Ultracompact and high-efficiency liquid-crystal-on-silicon light engines for augmented reality glasses

Augmented reality (AR) and virtual reality (VR) are innovative display technologies with the ability to revolutionize the way we interact and experience the world.

Unlike VR, which immerses users in entirely virtual environments, AR superimposes digital content onto the real world, enabling vast applications in education, training, retail, marketing, and navigation, just to name a few. AR experiences can be accessed through various devices, including smartphones, tablets, and smart glasses.

Among these, stylish AR glasses will become the mainstream as they offer unparalleled convenience and immersion, lightweight and compact formfactor, seamlessly integrating digital content into the real world.

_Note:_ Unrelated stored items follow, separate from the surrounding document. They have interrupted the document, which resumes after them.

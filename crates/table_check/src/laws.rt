//! Laws of the versions below which a store is sound, and of a walk over its log, each a function with an empty body
//! whose contract is the law.

ghost use Rattle.std.specs.Prelude.{◌≡◌, ◌≤◌, ℕ, suc, List, [], ◌∷◌, ◌++◌, Some, None};
ghost use Rattle.std.specs.Cmp.Lexicographic.{slice_cmp};
ghost use Rattle.std.specs.List.{AllByRecursion};
ghost use Rattle.std.specs.List.Sorted.{IsSorted};
ghost use Rattle.std.specs.Ordering.{nat_cmp};
ghost use Rattle.std.specs.Str.{IsUtf8};
ghost use Rattle.delta_actions.specs.Action.{Action};
ghost use Rattle.delta_actions.specs.Commit.{IsCommit};
ghost use Rattle.store_core.specs.Names.{commit_name, greatest_version};
ghost use Rattle.delta_actions.specs.Printing.{IsPrintable};
ghost use Rattle.delta_checkpoint.specs.Checkpoints.{IsCheckpoint};
ghost use Rattle.log_laws.specs.Sound.{IsSoundStore};
ghost use Rattle.store_core.specs.Objects.{Objects, names_of, object_at};
ghost use Rattle.table_log.specs.Counts.{commit_count};
ghost use Rattle.table_log.specs.Restoring.{IsSoundCheckpoint, checkpoint_version};
ghost use Rattle.table_model.specs.Lawful.{IsLawful, Suits};
ghost use Rattle.table_model.specs.Table.{Batch, Entry, creation, group, close};
ghost use Rattle.table_store.specs.Commits.{IsCommitOf, StandFor, without_commit_info};
ghost use Rattle.table_store.specs.Groups.{numbers};
ghost use Rattle.table_store.specs.Holds.{FilesStand};
ghost use Rattle.table_store.specs.Schema.{Schema};
ghost use Rattle.table_check.specs.Below.{AreCheckpointsSoundBelow, IsFirstUnsound, IsSoundBelow};
ghost use Rattle.table_check.specs.Following.{IsNewToTable, MayFollow};
ghost use Rattle.table_check.specs.Lines.{AreLinesOf};
ghost use Rattle.table_check.specs.Named.{least_named};
ghost use Rattle.table_check.specs.Walked.{IsWalked};

/// A store is sound exactly where it is sound below the version behind the greatest that a commit can have, so below
/// each version. What is sound below a version is so below each lesser one. So a store has one first unsound version at
/// most, and none where it is sound. Where it isn't, it can't be that no version is the first unsound one.
pub fn a_store_is_sound_or_has_one_first_unsound_version()
    ensures whole { (objects : Objects) → IsSoundBelow objects (suc greatest_version) → IsSoundStore objects }
    ensures sound { (objects : Objects) (version : ℕ) → IsSoundStore objects → IsSoundBelow objects version }
    ensures lesser { (objects : Objects) (version other : ℕ) → version ≤ other → IsSoundBelow objects other → IsSoundBelow objects version }
    ensures once { (objects : Objects) (version other : ℕ) → IsFirstUnsound objects version → IsFirstUnsound objects other → version ≡ other }
    ensures broken { (objects : Objects) (version : ℕ) → IsFirstUnsound objects version → IsSoundStore objects → ⊥ }
    ensures first { (objects : Objects) → (IsSoundStore objects → ⊥) → ((version : ℕ) → IsFirstUnsound objects version → ⊥) → ⊥ }
{}

/// Behind a lawful table that was created a group may stand exactly where it has at least one batch, its batches are of
/// different applications, each has a number above its application's last one, and its stream is open. A close always
/// may, and a creation never.
pub fn a_lawful_table_goes_on()
    ensures group { (later : List Entry) (bs : List Batch) → IsLawful (creation ∷ later) → Suits (creation ∷ later) (group bs) → AllByRecursion (IsNewToTable (creation ∷ later)) bs → IsLawful ((creation ∷ later) ++ group bs ∷ []) }
    ensures new { (entries : List Entry) (bs : List Batch) → IsLawful (entries ++ group bs ∷ []) → Suits entries (group bs) × AllByRecursion (IsNewToTable entries) bs }
    ensures closed { (application : List ℕ) (later : List Entry) → IsLawful (creation ∷ later) → IsLawful ((creation ∷ later) ++ close application ∷ []) }
    ensures created { (later : List Entry) → IsLawful ((creation ∷ later) ++ creation ∷ []) → ⊥ }
{}

/// A walk over a log begins with the commit of a creation, and goes on with the next version's commit, of an entry that
/// may follow and whose files stand. The actions of each of these commits can be printed. A checkpoint of the commits
/// that were walked over, of the last one's version, is a sound one. Where the checkpoints of the versions below one
/// are sound, and this version's too, those of the versions below the next are.
pub fn a_walk_goes_on()
    ensures begins { (objects : Objects) (schema : Schema) (bytes : List ℕ) (made : List Action) → object_at objects (commit_name 0) ≡ Some bytes → IsCommitOf schema creation bytes → IsCommit bytes made
        → AllByRecursion IsPrintable made → IsWalked objects schema 1 (made ∷ []) }
    ensures goes_on { (objects : Objects) (schema : Schema) (version : ℕ) (log : List (List Action)) → IsWalked objects schema version log → (entry : Entry) (bytes : List ℕ) (made : List Action)
        → object_at objects (commit_name version) ≡ Some bytes → IsCommitOf schema entry bytes → IsCommit bytes made → AllByRecursion IsPrintable made → FilesStand objects schema entry → MayFollow log entry
        → IsWalked objects schema (suc version) (log ++ made ∷ []) }
    ensures checkpoint { (objects : Objects) (schema : Schema) (version : ℕ) (log : List (List Action)) (bytes : List ℕ) → IsWalked objects schema (suc version) log → IsCheckpoint bytes version log
        → IsSoundCheckpoint objects version bytes }
    ensures checkpoints { (objects : Objects) (version : ℕ) → AreCheckpointsSoundBelow objects version
        → ((name bytes : List ℕ) → checkpoint_version name ≡ Some version → object_at objects name ≡ Some bytes → IsSoundCheckpoint objects version bytes) → AreCheckpointsSoundBelow objects (suc version) }
{}

/// A walk over the versions below one, whose checkpoints are sound too: the store is sound if no object has the name of
/// a commit or checkpoint of that version or a later one, and that version is at most the one behind the greatest that
/// a commit can have. Its log then has as many versions, also where a checkpoint isn't sound. If there are such names,
/// the store is sound below the least of their versions. By a walk alone, the store is sound below a version up to that
/// one if its checkpoints of the versions below this version are.
pub fn a_walk_ends()
    ensures sound { (objects : Objects) (schema : Schema) (version : ℕ) (log : List (List Action)) → IsWalked objects schema version log → AreCheckpointsSoundBelow objects version → version ≤ suc greatest_version
        → least_named version (names_of objects) ≡ None → IsSoundStore objects }
    ensures counted { (objects : Objects) (schema : Schema) (version : ℕ) (log : List (List Action)) → IsWalked objects schema version log → version ≤ suc greatest_version
        → least_named version (names_of objects) ≡ None → commit_count objects ≡ version }
    ensures least { (objects : Objects) (schema : Schema) (version least : ℕ) (log : List (List Action)) → IsWalked objects schema version log → AreCheckpointsSoundBelow objects version
        → least_named version (names_of objects) ≡ Some least → IsSoundBelow objects least }
    ensures below { (objects : Objects) (schema : Schema) (version next : ℕ) (log : List (List Action)) → IsWalked objects schema next log → version ≤ next → AreCheckpointsSoundBelow objects version → IsSoundBelow objects version }
{}

/// Bytes whose actions have the same printed lines as those of a checkpoint, in any order, are a checkpoint of the same
/// version and log.
pub fn a_checkpoint_is_one_in_any_order()
    ensures { (bytes others : List ℕ) (version : ℕ) (log : List (List Action)) (lines : List (List ℕ)) (actions own : List Action) → IsCommit bytes actions → IsCommit others own → AreLinesOf lines actions → AreLinesOf lines own
        → IsCheckpoint others version log → IsCheckpoint bytes version log }
{}

/// Where the first commit is no creation's, the store is unsound at version 0. Behind a walk it is unsound at the next
/// version, where what stands there is no commit, or a commit of no entry that may follow and whose files stand. (The
/// applications of the commit's numbers are text.)
pub fn a_walk_stops()
    ensures created { (objects : Objects) (bytes : List ℕ) → object_at objects (commit_name 0) ≡ Some bytes → ((schema : Schema) → IsCommitOf schema creation bytes → ⊥) → IsSoundBelow objects 1 → ⊥ }
    ensures read { (objects : Objects) (schema : Schema) (version : ℕ) (log : List (List Action)) (bytes : List ℕ) → IsWalked objects schema version log → version ≤ greatest_version → object_at objects (commit_name version) ≡ Some bytes
        → ((made : List Action) → IsCommit bytes made → ⊥) → IsSoundBelow objects (suc version) → ⊥ }
    ensures follows { (objects : Objects) (schema : Schema) (version : ℕ) (log : List (List Action)) (bytes : List ℕ) (made : List Action) → IsWalked objects schema version log → version ≤ greatest_version
        → object_at objects (commit_name version) ≡ Some bytes → IsCommit bytes made → AllByRecursion (λ n. IsUtf8 n.0) (numbers (without_commit_info made))
        → ((entry : Entry) → StandFor schema entry (without_commit_info made) → FilesStand objects schema entry → MayFollow log entry → ⊥) → IsSoundBelow objects (suc version) → ⊥ }
{}

/// Where a version has no commit, a commit or a checkpoint of that version or a later one makes the store unsound: the
/// least version that such a name tells is unsound. Behind a walk so is its last version, where what has the name of a
/// checkpoint of it isn't one of the commits that were walked over.
pub fn a_store_has_no_other_commits_and_checkpoints()
    ensures gap { (objects : Objects) (from least : ℕ) → object_at objects (commit_name from) ≡ None → least_named from (names_of objects) ≡ Some least → IsSoundBelow objects (suc least) → ⊥ }
    ensures checkpoint { (objects : Objects) (schema : Schema) (version : ℕ) (log : List (List Action)) (name bytes : List ℕ) → IsWalked objects schema (suc version) log → checkpoint_version name ≡ Some version
        → object_at objects name ≡ Some bytes → (IsCheckpoint bytes version log → ⊥) → IsSoundBelow objects (suc version) → ⊥ }
{}

/// Each store is sound below version 0, and below the least version that names of commits and checkpoints tell. Where
/// they tell none it is sound, and has no version.
pub fn a_store_begins_soundly()
    ensures zero { (objects : Objects) → IsSoundBelow objects 0 }
    ensures least { (objects : Objects) (least : ℕ) → least_named 0 (names_of objects) ≡ Some least → IsSoundBelow objects least }
    ensures sound { (objects : Objects) → least_named 0 (names_of objects) ≡ None → IsSoundStore objects }
    ensures counted { (objects : Objects) → least_named 0 (names_of objects) ≡ None → commit_count objects ≡ 0 }
{}

/// Two checkpoints of one version and log, whose actions can be printed, have the same printed lines, once these are in
/// the order of their bytes.
pub fn a_checkpoint_has_one_list_of_lines()
    ensures { (bytes others : List ℕ) (version : ℕ) (log : List (List Action)) (lines own_lines : List (List ℕ)) (actions own : List Action) → IsCommit bytes actions → IsCommit others own
        → AllByRecursion IsPrintable actions → AllByRecursion IsPrintable own → AreLinesOf lines actions → AreLinesOf own_lines own → IsSorted (slice_cmp nat_cmp) lines → IsSorted (slice_cmp nat_cmp) own_lines
        → IsCheckpoint bytes version log → IsCheckpoint others version log → lines ≡ own_lines }
{}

AR glasses usually consist of two main components: a light engine, responsible for generating digital images, and an optical system, which delivers the generated content to the users. Different optical systems such as birdbath optics and waveguide optics have been applied in commercial products.

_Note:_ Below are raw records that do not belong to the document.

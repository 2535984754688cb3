// Shares over generated weights, rows over clipped ones, and quantities over rows.
use crate::drawn::{CASES, Outcome, agreed, compare_cases, draw_amount, draw_weights, widened};
use model::answers::{Refusal, refused, weighed};
use model::ledger::clipped;
use model::random::Random;
use model::sharing::{part_between, parts, sum};
use scale::row::RowScale;
use scale::share::{fill_row, quantity, share};
use std::alloc::{AllocError, Global};
use trial::compare::same_numbers;
use trial::making::refusal_of;

const MOST: u32 = 2_000_000_000;

// What a sharing must be answered.
fn answer_of(
    amount: u32,
    places: usize,
    weights: &[u32],
    first: u16,
    last: u16,
) -> Result<(), Refusal> {
    if amount > MOST {
        return refused(4, 1);
    }
    if places != weights.len() {
        return refused(11, 0);
    }
    weighed(weights, first, last)
}

// Whether memory still holds only the number that it was filled with.
fn untouched(numbers: &[u32]) -> bool {
    numbers.iter().all(|number| *number == 7)
}

// Adds a part and its share to the sums of a run, and answers these.
fn add_part(sums: &mut (u128, u128), (part, share): (&u64, &u64)) -> Option<(u128, u128)> {
    let (weight, total) = *sums;
    *sums = (
        weight.wrapping_add(u128::from(*part)),
        total.wrapping_add(u128::from(*share)),
    );
    Some(*sums)
}

// Whether each run of parts lies under `steps` from its exact share, compared after multiplying by the whole weight.
fn runs_lie_near(amount: u64, weights: &[u64], shares: &[u64], steps: u128) -> bool {
    let whole = u128::from(sum(weights));
    let lies_near = |(weight, total): (u128, u128)| {
        let exact = u128::from(amount).wrapping_mul(weight);
        total.wrapping_mul(whole).abs_diff(exact) < whole.wrapping_mul(steps)
    };
    let all_near_from = |from: usize| {
        let parts = weights.iter().zip(shares).skip(from);
        parts.scan((0u128, 0u128), add_part).all(lies_near)
    };
    weights.len() == shares.len() && (0..weights.len()).all(all_near_from)
}

// Whether the two own ways of sharing agree.
fn ways_agree(amount: u64, weights: &[u64], shares: &[u64]) -> bool {
    let whole = sum(weights);
    weights
        .iter()
        .scan(0u64, |before, weight| {
            let from = *before;
            *before = from.wrapping_add(*weight);
            Some(part_between(amount, whole, from, *before))
        })
        .eq(shares.iter().copied())
}

fn share_case(heap: Global, random: &mut Random) -> Result<Outcome, AllocError> {
    let count = usize::from(random.among(1, 20));
    let weights = draw_weights(heap, random, count)?;
    let amount = draw_amount(random);
    let places = if random.between(0, 30) == 0 {
        count.wrapping_add(1)
    } else {
        count
    };
    let mut out = vec![in heap; 7u32; places]?;
    let told = share(
        amount,
        &RowScale::new(weights.as_slice()),
        out.as_mut_slice(),
    )
    .map_err(refusal_of);
    let wide = widened(heap, weights.as_slice())?;
    let shares = parts(heap, u64::from(amount), wide.as_slice())?;
    let right = same_numbers(out.as_slice(), shares.as_slice())
        && runs_lie_near(u64::from(amount), wide.as_slice(), shares.as_slice(), 1)
        && ways_agree(u64::from(amount), wide.as_slice(), shares.as_slice());
    let wanted = answer_of(amount, places, weights.as_slice(), 1, 20);
    Ok(Outcome::of(told, wanted, right, untouched(out.as_slice())))
}

pub fn compare_shares(rt: &HostRuntime) -> anyhow::Result<()> {
    let refusals = compare_cases(rt, "shares", 11, |random| share_case(rt.alloc(), random))?;
    agreed(rt, "shares", refusals)
}

fn row_case(heap: Global, random: &mut Random) -> Result<Outcome, AllocError> {
    let count = random.among(1, 24);
    let weights = draw_weights(heap, random, usize::from(count))?;
    let first = random.among(1, count);
    let last = random.among(first, count);
    let amount = draw_amount(random);
    let mut out = vec![in heap; 7u32; usize::from(count)]?;
    let told = fill_row(
        amount,
        &RowScale::new(weights.as_slice()),
        usize::from(first),
        usize::from(last),
        out.as_mut_slice(),
    )
    .map_err(refusal_of);
    let kept = clipped(heap, weights.as_slice(), first, last)?;
    let shares = parts(heap, u64::from(amount), kept.as_slice())?;
    let right = same_numbers(out.as_slice(), shares.as_slice());
    let wanted = answer_of(amount, usize::from(count), weights.as_slice(), first, last);
    Ok(Outcome::of(told, wanted, right, untouched(out.as_slice())))
}

pub fn compare_rows(rt: &HostRuntime) -> anyhow::Result<()> {
    let refusals = compare_cases(rt, "rows", 12, |random| row_case(rt.alloc(), random))?;
    agreed(rt, "rows", refusals)
}

// Whether the quantity of each hour is the wanted one, and 0 outside the row.
fn quantities_agree(effective: u32, row: &[u32], wanted: &[u64]) -> bool {
    (0..=row.len().wrapping_add(1)).all(|hour| {
        let want = wanted.get(hour.wrapping_sub(1)).copied().unwrap_or(0);
        quantity(effective, row, hour).is_ok_and(|found| u64::from(found) == want)
    })
}

// An amount over weights gives its row, and what is left of the amount over the row its quantities.
fn quantity_case(heap: Global, random: &mut Random) -> Result<Outcome, AllocError> {
    let count = random.among(1, 24);
    let mut weights = draw_weights(heap, random, usize::from(count))?;
    weights.push(1)?;
    let amount = random.between(1, 1_000_000_000);
    let effective = if random.between(0, 5) == 0 {
        amount
    } else {
        random.between(0, amount)
    };
    let mut row = vec![in heap; 7u32; weights.len()]?;
    let told = share(
        amount,
        &RowScale::new(weights.as_slice()),
        row.as_mut_slice(),
    )
    .map_err(refusal_of);
    let wide = widened(heap, weights.as_slice())?;
    let from = widened(heap, row.as_slice())?;
    let wanted = parts(heap, u64::from(effective), from.as_slice())?;
    let near = runs_lie_near(u64::from(effective), wide.as_slice(), wanted.as_slice(), 2);
    let whole = effective != amount || same_numbers(row.as_slice(), wanted.as_slice());
    let right = near && whole && quantities_agree(effective, row.as_slice(), wanted.as_slice());
    let heavy = weighed(weights.as_slice(), 1, u16::MAX);
    Ok(Outcome::of(told, heavy, right, untouched(row.as_slice())))
}

pub fn compare_quantities(rt: &HostRuntime) -> anyhow::Result<()> {
    let _ = compare_cases(rt, "quantities", 13, |random| {
        quantity_case(rt.alloc(), random)
    })?;
    println!(rt; "quantities: {CASES} contracts agree at every hour")?;
    Ok(())
}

The light engines must be very compact while keeping a high optical efficiency to enable longtime comfortable wearing and high ambient contrast ratio.

“Liquid-crystal-on-silicon (LCoS) or micro-LED, who wins?” has become a heated debate question. Micro-LED display is an emissive technology that promises to revolutionize visual experiences with high peak brightness, fast response time, true dark state, and long lifetime. However, its manufacturability remains a significant challenge.

On the other hand, LCoS is a non-emissive reflective microdisplay, which requires a front illumination system. Conventional LCoS system is facing tremendous challenges due to its bulky illumination system. To achieve high optical efficiency, it often incorporates a bulky polarizing beam splitter (PBS) cube. Therefore, achieving an ultracompact yet high-efficiency illumination system for LCoS based AR glasses is in urgent demand.

To minimize the formfactor of the LCoS system, researchers have proposed an ultracompact illumination system with a light guide plate (LGP) to efficiently direct the employed light source to the LCoS panel.

Their study is published in Opto-Electronic Advances.

The light from the light source, e.g., an LED array or laser diodes, is coupled into the LGP using an in-coupling prism. Next, the in-coupled light propagates inside the LGP due to total internal reflection (TIR) at the top and the bottom surfaces. Some of the trapped light enters the extraction prisms, while propagating along Z direction and the remaining light continues to propagate forward in the LGP.

The light inside the extraction prism is reflected toward the bottom LCoS panel through another TIR at the tilted surface of the prism. A similar concept has also been proposed by Prof. Wu’s group to generate uniform illumination for liquid crystal displays.

The LCoS panel manipulates the polarization states pixel-by-pixel and reflects the incoming light back to LGP. Most of the reflected light with encoded information will transmit through the LGP and a clean-up polarizer on the top, and finally enters the projection lens system, which in turn will be coupled into the subsequent optical combiner of the AR system.

The researchers say that the quarter-wave plate (QWP) is optional, depending on the employed LC mode. For example, if a normally black vertical alignment (VA) LCoS is used, then the circularly polarized light after the QWP helps circumvent the fringe field effects.

On the other hand, the normally white MTN (Mixed-mode Twisted Nematic) LCoS can take either linearly or circularly polarized light. In Magic Leap 2, circular polarization is chosen to mitigate the stray light from surface reflections in the projection system. Another advantage of MTN is its fast response time (~1ms) and weak fringe field effect.

The authors also conducted vast optimizations for the system structure to improve the overall performance. For example, the extraction prisms are divided into several zones with different fill factor to ensure the illumination uniformity. Optimizations on the system configuration and size of each component have been conducted to achieve an excellent illuminance uniformity and high ANSI contrast ratio, which is equal or better than the contrast ratio of the LCoS panel.

Moreover, the outstanding color performance is demonstrated by taking the refractive index dispersion of the glass material into consideration. Additionally, plastic material with a lower refractive index n = 1.7 can also be employed for lowering the cost.

Its optical performance is acceptable, although a higher-index material is preferred. Such a slim formfactor and high optical efficiency are expected to make a big impact to next-generation lightweight and low power AR glasses.